Avanza anche il nuovo Monza di Juric, che al Brianteo stende 3-0 l’Avellino. Si prende la scena Varela, che prima la sblocca al 23′ con la complicità di una deviazione di un difensore irpino e poi, allo scadere del primo tempo, deve solo appoggiare in rete dopo l’ottimo lavoro di Cutrone. Lo stesso Cutrone nella ripresa ispira il tris di Forson, con un’imbucata centrale che l’inglese finalizza. Ora per i brianzoli la vincente di Torino-Carrarese. Aspettando l’ultimo acquisto Romero, il Parma scopre Simone Lontani. Classe 2008, è lui il grande protagonista del 2-0 al Catania al Tardini, con una doppietta che regala ai ducali il passaggio del turno dove se la vedranno con una fra Cremonese e Sampdoria. Il 18enne attaccante sblocca il risultato al 19′: sugli sviluppi di un calcio d’angolo, Troilo prolunga il pallone sul secondo palo e Lontani è bravo a farsi trovare pronto, firmando il suo primo gol con la maglia del Parma. Al 35′ arriva anche il raddoppio. Grande spunto sulla destra di El Bilal Tourè e palla in mezzo dove Lontani colpisce al volo e batte l’ex Rinaldi.
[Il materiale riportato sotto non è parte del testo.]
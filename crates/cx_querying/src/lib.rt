//! The answers to queries about a recording.
//!
//! `inspect` reads a recording to its end, and puts a line for the answer to each query, in order.
#![tactic(auto)]

mod inspecting;
mod lines;
mod queries;
mod reading;

pub use inspecting::inspect;
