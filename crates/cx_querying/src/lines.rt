//! The lines of the answers to queries.

ghost use Rattle.std.specs.List.{list_all};
ghost use Rattle.std.specs.Prelude.{◌≡◌, ◌<◌, ◌++◌, ℕ, List, Option, true, IsTrue, OnOk};
ghost use Rattle.cx_answer.specs.AnswerOf.{answer_of, is_query_there};
ghost use Rattle.cx_answer.specs.Lines.{answer_line, answer_lines};
ghost use Rattle.cx_codec.specs.Blocks.{StandsFor};
ghost use Rattle.cx_io.specs.Cause.{HasCause};
ghost use Rattle.cx_log.specs.Recording.{Recording};
ghost use Rattle.cx_seek.specs.Seeking.{IsOf, IsSameCourse};
ghost use Rattle.cx_commands.specs.Streaming.{FinishesOn, TellsOn};

use cx_answer::{answer, answer_line};
use cx_codec::{Out, OutFault};
use cx_hart::Steps;
use cx_io::Sink;
use cx_seek::{SeekFault, Seeker};
use cx_words::Query;
use std::alloc::Global;
use std::marker::Brand;
use std::sync::ledger::{Blank, Ledger};

// Puts the line of the answer to a query that is there.
fn put_line<L: Ledger, T: Sink>(
    seeker: &mut Seeker,
    query: &Query,
    steps: &mut Steps<L>,
    out: &mut Out,
    sink: &mut T,
) -> Result<(), OutFault>
    requires live { IsTrue out.old.live }
    requires there { is_query_there seeker.old.course.base seeker.old.course.end seeker.old.course.pages query.now
        ≡ true }
    ensures puts { (R : Recording) (base : Option (List ℕ)) (put : List ℕ) → IsOf R seeker.old
        → StandsFor base put out.old.bytes (T.held sink.old)
        → TellsOn base (put ++ answer_line query.now (answer_of R query.now)) out.new.bytes (T.held sink.new)
        (IsOf R seeker.new) result }
    ensures same { IsSameCourse seeker.old seeker.new }
    ensures live { OnOk result (IsTrue out.new.live) }
    ensures cause { HasCause OutFault.WriteFault (T.faults sink.old) (T.faults sink.new) result }
{
    let given = match answer(seeker, query, steps) {
        Ok(given) => given,
        Err(SeekFault::NoMemory) => return Err(OutFault::NoMemory),
        Err(SeekFault::NotThere) => unreachable!(),
    };
    answer_line(out, query, &given, sink)
}

// Puts the lines of the answers to queries that are there, in order.
fn put_lines<L: Ledger, T: Sink>(
    seeker: &mut Seeker,
    queries: &[Query],
    steps: &mut Steps<L>,
    out: &mut Out,
    sink: &mut T,
) -> Result<(), OutFault>
    requires live { IsTrue out.old.live }
    requires there { list_all (is_query_there seeker.old.course.base seeker.old.course.end seeker.old.course.pages)
        queries.now ≡ true }
    ensures puts { (R : Recording) (base : Option (List ℕ)) (put : List ℕ) → IsOf R seeker.old
        → StandsFor base put out.old.bytes (T.held sink.old)
        → TellsOn base (put ++ answer_lines R queries.now) out.new.bytes (T.held sink.new) (IsOf R seeker.new) result }
    ensures live { OnOk result (IsTrue out.new.live) }
    ensures cause { HasCause OutFault.WriteFault (T.faults sink.old) (T.faults sink.new) result }
{
    for index in 0..queries.len() {
        put_line(seeker, &queries[index], steps, out, sink)?;
    }
    Ok(())
}

// Puts the lines, and counts the steps that are taken again for them.
fn put_counted<L: Ledger, T: Sink>(
    alloc: Global,
    seeker: &mut Seeker,
    queries: &[Query],
    sink: &mut T,
    blank: Blank,
) -> Result<(), OutFault>
    requires there { list_all (is_query_there seeker.old.course.base seeker.old.course.end seeker.old.course.pages)
        queries.now ≡ true }
    requires name { blank.name ≡ L.name }
    requires parts { blank.parts ≡ L.parts }
    requires some { 0 < blank.parts }
    ensures puts { (R : Recording) → IsOf R seeker.old
        → FinishesOn (T.held sink.old) (answer_lines R queries.now) (T.held sink.new) result }
    ensures cause { HasCause OutFault.WriteFault (T.faults sink.old) (T.faults sink.new) result }
{
    let mut steps: Steps<L> = Steps::none(blank);
    let mut out = Out::new(alloc)?;
    put_lines(seeker, queries, &mut steps, &mut out, sink)?;
    out.finish(sink)
}

/// Puts the lines of the answers to queries that are there, in order, and hands all to the sink. `WriteFault` comes
/// only where the sink's count of faults rose.
pub(crate) fn put_answers<T: Sink>(
    alloc: Global,
    seeker: &mut Seeker,
    queries: &[Query],
    sink: &mut T,
) -> Result<(), OutFault>
    requires there { list_all (is_query_there seeker.old.course.base seeker.old.course.end seeker.old.course.pages)
        queries.now ≡ true }
    ensures puts { (R : Recording) → IsOf R seeker.old
        → FinishesOn (T.held sink.old) (answer_lines R queries.now) (T.held sink.new) result }
    ensures cause { HasCause OutFault.WriteFault (T.faults sink.old) (T.faults sink.new) result }
{
    put_counted::<Brand, T>(alloc, seeker, queries, sink, Blank::new(1))
}
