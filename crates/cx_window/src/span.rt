//! The steps of a window.

ghost use Rattle.std.specs.Prelude.{◌≡◌, nat_le, nat_lt, ◌&&◌};

/// The steps from one up to but not including another.
#[derive(Clone, Copy, Debug, PartialEq, Eq)]
pub struct Span {
    /// The first step.
    pub from: u64,
    /// The step behind the last.
    pub to: u64,
}

impl Span {
    /// Whether a run from one step up to another has these steps, of which there is one at least.
    pub(crate) fn lies_in(&self, base: u64, end: u64) -> bool
        ensures { result ≡ (nat_le base self.now.from && nat_lt self.now.from self.now.to && nat_le self.now.to end) }
    {
        base <= self.from && self.from < self.to && self.to <= end
    }
}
Avanti anche il Cagliari, che fatica però più del previsto per piegare la resistenza dell’Arezzo neo promosso in B: 1-0 grazie al rigore trasformato da Deiola al 23′ al secondo tentativo, dopo che il primo era stato parato da Nunziante. Sulla strada dei sardi ora una fra Verona e Virtus Entella.
– foto Ipa Agency –
(ITALPRESS).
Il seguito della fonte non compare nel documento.